The circumstances under which this work was finally produced have been already referred to.3 The book has suffered undeserved neglect for the reasons there mentioned, and, where it has received particular notice, as in Traill’s Coleridge, has been treated with still more undeserved cynicism. It is not a great work, and suffers from the same kind of conservativism that we have noted in Coleridge himself, and (with less excuse) from the same neglect to put himself in direct touch with post-Fichtean philosophy in Germany.4 Of the “School of Hegel”, he has nothing better to say than that it denies the transcendence of Deity. But he was a man of real philosophical ability, and his training in physiology gave him a method of approach to philosophical problems which lent a certain freshness to much that he wrote.5 The two Hunterian Orations on Vital Dynamics and Mental Dynamics respectively, in which he seeks to combine Coleridgean with Hunterian ideas, witness to the breadth of his culture and his power as a writer on non-theological subjects. In his chief work we do him wrong in giving the prominence, that Traill does, to the second and more theological part. Its editor is nearer the mark in saying that the space the Author devotes to it is disproportionate to its importance, as only one of a series of deductive applications of the principles, which he had made his own; and that, had Green been longer spared, he would probably have expanded the compendious statements of the first volume “with infinitely greater amplitude”.
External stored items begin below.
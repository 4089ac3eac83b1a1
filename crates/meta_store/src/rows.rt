//! The rows under one full prefix.

ghost use Rattle.std.specs.Prelude.{◌≡◌, [], ◌∷◌, length, map, false, IfErr, IfOk, IfNone, IfSome, OnOk, OnErr, None, Some, is_none, is_some};
ghost use Rattle.std.specs.Option.{option_copied};
ghost use Rattle.std.specs.FinMap.{find, put};
ghost use Rattle.meta_types.specs.Name.{IsName};
ghost use Rattle.meta_types.specs.Order.{bytes_cmp};
ghost use Rattle.meta_types.specs.Failing.{FailsBy};
ghost use Rattle.dvvset.specs.Clock.{update};
ghost use Rattle.meta_store.specs.Kept.{AreRows, object_of_row, without_row};
ghost use Rattle.meta_store.specs.Table.{IsHeld};
ghost use Rattle.meta_store.specs.Step.{refusal_of_update};
ghost use Rattle.meta_store.specs.declared.fault.StoreFault.TheVariants.{Memory};

use crate::fault::StoreFault;
use crate::put::written;
use dvvset::{Entries, Vector};
use meta_types::{Actor, ByteString, FullPrefix, MetaKey, Value};
use std::alloc::{AllocError, Global};
use std::collections::BTreeMap;
use std::collections::btree_map::Iter;
use std::marker::Model;
use std::mem;

/// What a store holds under one full prefix: the keys' own bytes in byte order, each with its
/// object.
#[derive(Debug, Drop)]
pub struct Rows {
    by_key: BTreeMap<ByteString, Entries>,
}

impl Model for Rows {
    ghost use Rattle.meta_store.specs.Kept.{AreRows, Rows};

    ghost Value = { Rows };

    ghost view = { λ o. o.by_key.entries };

    ghost invariant = { λ o. AreRows o.by_key.entries };
}

impl Rows {
    /// Returns the rows of one key with its object.
    pub(crate) fn of_one(
        alloc: Global,
        key: ByteString,
        object: Entries,
    ) -> Result<Self, AllocError>
        requires in_range { IsName 256 key }
        ensures { IfOk result (λ rows. rows ≡ (key, object) ∷ []) }
    {
        let mut by_key = BTreeMap::new(alloc);
        by_key.insert(key, object)?;
        Ok(Rows { by_key })
    }

    /// Holds the object under the key in place of what is held there, and returns whether the key
    /// is new. Fails only when memory runs out for a new key, and then nothing changes.
    pub(crate) fn hold(&mut self, key: ByteString, object: Entries) -> Result<bool, AllocError>
        requires in_range { IsName 256 key }
        ensures value { OnOk result (self.new ≡ put bytes_cmp key object self.old) }
        ensures is_new { IfOk result (λ is_new. is_new ≡ is_none (find bytes_cmp key self.old)) }
        ensures absent { OnErr result (find bytes_cmp key self.old ≡ None) }
        ensures same { OnErr result (self.new ≡ self.old) }
    {
        let before = self.by_key.insert(key, object)?;
        Ok(before.is_none())
    }

    /// Puts the object in the place of the one that is held under the key, and returns that one. If
    /// the key isn't held, the object comes back and nothing changes. It takes no memory.
    pub(crate) fn replace(&mut self, key: &ByteString, object: Entries) -> Result<Entries, Entries>
        ensures value { OnOk result (self.new ≡ put bytes_cmp key.now object self.old) }
        ensures before { IfOk result (λ before. find bytes_cmp key.now self.old ≡ Some before) }
        ensures absent { OnErr result (find bytes_cmp key.now self.old ≡ None) }
        ensures back { IfErr result (λ back. back ≡ object) }
        ensures same { OnErr result (self.new ≡ self.old) }
    {
        let Some(held) = self.by_key.get_mut(key) else {
            return Err(object);
        };
        Ok(mem::replace(held, object))
    }

    /// Writes to the key by `id`, with what the write has read, if the key is held; it is searched
    /// for once. If it isn't held, the value comes back. If the write is refused or the value comes
    /// back, nothing changes.
    pub(crate) fn put_held(
        &mut self,
        alloc: Global,
        id: Actor,
        key: &ByteString,
        value: Value,
        read: &Vector,
    ) -> Result<Option<Value>, StoreFault>
        ensures value { IfOk result (λ left. IfNone left
            (self.new ≡ put bytes_cmp key.now
            (update read.now (object_of_row key.now self.old) id value) self.old)) }
        ensures held { IfOk result (λ left. IfNone left
            (IsHeld (update read.now (object_of_row key.now self.old) id value))) }
        ensures no_refusal { IfOk result (λ left. IfNone left
            (refusal_of_update read.now (object_of_row key.now self.old) id value ≡ None)) }
        ensures found { IfOk result (λ left. IfNone left
            (is_none (find bytes_cmp key.now self.old) ≡ false)) }
        ensures left { IfOk result (λ left. IfSome left
            (λ back. (back ≡ value)
            × ((object_of_row key.now self.old ≡ []) × (self.new ≡ self.old)))) }
        ensures fault { FailsBy Memory
            (refusal_of_update read.now (object_of_row key.now self.old) id value) result }
        ensures refused { OnErr result (is_none (find bytes_cmp key.now self.old) ≡ false) }
        ensures same { OnErr result (self.new ≡ self.old) }
    {
        let Some(held) = self.by_key.get_mut(key) else {
            return Ok(Some(value));
        };
        let object = written(alloc, read, held, id, value)?;
        *held = object;
        Ok(None)
    }

    /// Takes the key and its object out, and returns whether it was held. It takes no memory.
    pub(crate) fn forget(&mut self, key: &ByteString) -> bool
        ensures value { self.new ≡ without_row key.now self.old }
        ensures was_held { result ≡ is_some (find bytes_cmp key.now self.old) }
    {
        self.by_key.remove(key).is_some()
    }

    /// Returns the object that is held under the key of these bytes.
    pub fn object(&self, key: &ByteString) -> Option<&Entries>
        ensures { option_copied result ≡ find bytes_cmp key.now self.now }
    {
        self.by_key.get(key)
    }

    /// Returns how many keys there are.
    pub fn len(&self) -> usize
        ensures { result ≡ length self.now }
    {
        self.by_key.len()
    }

    /// Goes over the keys in byte order, each with its object, without taking memory.
    pub fn iter(&self) -> Iter<'_, ByteString, Entries>
        ensures rows { result ≡ self.now }
        ensures in_range { AreRows self.now }
    {
        self.by_key.iter()
    }

    /// Returns the keys under this full prefix, in order. They are copies.
    pub(crate) fn keys(
        &self,
        alloc: Global,
        prefix: &FullPrefix,
    ) -> Result<Vec<MetaKey>, AllocError>
        ensures { IfOk result (λ keys. keys.items
            ≡ map (λ row. record { prefix = prefix.now; key = row.0 }) self.now) }
    {
        let mut keys = Vec::with_capacity(alloc, self.by_key.len())?;
        for (key, _) in self.by_key.iter() {
            keys.push(MetaKey::under(prefix.copy()?, key.copy()?))?;
        }
        Ok(keys)
    }

    /// Fails only when memory runs out.
    pub(crate) fn copy(&self, alloc: Global) -> Result<Self, AllocError>
        ensures { IfOk result (λ copy. copy ≡ self.now) }
    {
        let mut by_key = BTreeMap::new(alloc);
        for (key, object) in self.by_key.iter() {
            by_key.insert(key.copy()?, object.copy()?)?;
        }
        Ok(Rows { by_key })
    }
}

impl PartialEq for Rows {
    ghost use Rattle.std.specs.Prelude.{◌≡◌, ◌↔◌, IsTrue};
    ghost use Rattle.std.specs.Cmp.{partial_equiv_from_equiv};
    ghost use Rattle.meta_store.specs.Equal.{rows_eq, rows_equivalence};

    ghost eq = { rows_eq };

    ghost laws = { partial_equiv_from_equiv rows_equivalence };

    fn eq(&self, other: &Rows) -> bool
        ensures value { result ≡ rows_eq self.now other.now }
        ensures same { IsTrue result ↔ (self.now ≡ other.now) }
    {
        self.by_key == other.by_key
    }
}

impl Eq for Rows {
    ghost use Rattle.meta_store.specs.Equal.{rows_equivalence};

    ghost laws = { rows_equivalence };
}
It is at any rate to the first volume, and particularly to the second part of it, that the student to-day will turn for light upon these principles, and the development of which they were capable at the hands of a particularly clear-minded writer. Yet even in the second volume readers interested in the interpretation of the Christian tradition in the light of Neo-Kantian thought will find a striking resemblance between its teaching and that of the author’s greater namesake Thomas Hill Green, as we have it in his “Lectures on the New Testament”, and in his Sermons on “Faith”, and “The Witness of God” (Works, vol. iii). The book in this respect may be said to represent the last stage in the story of the Theological Idealism which was first planted in England by Scotus Erigena, took vigorous root and flourished in seventeenth- and early eighteenth-century Platonism, was revived by Coleridge, and loaded with a luxuriance of fruit that went near to bringing it to the ground, and is here reset in a form, which the writer trusted would enable it to renew its youth in the more critical atmosphere of his own time.

1 Coleridge, in English Men of Letters Series, p. 185.

2 P. 256 above.

3 His knowledge of Hegel seems to have been derived at a bad second hand from Morell’s History of Philosophy (see Spiritual Philosophy, vol. ii. p. 407 n.).

4 See above, p. 130. For other excerpts, see Snyder, op. cit., pp. 75–7, and 153 n.

5 I have elsewhere remarked on the debt which Philosophy owes to the medical profession (Mind, N.S. 36, p. 439).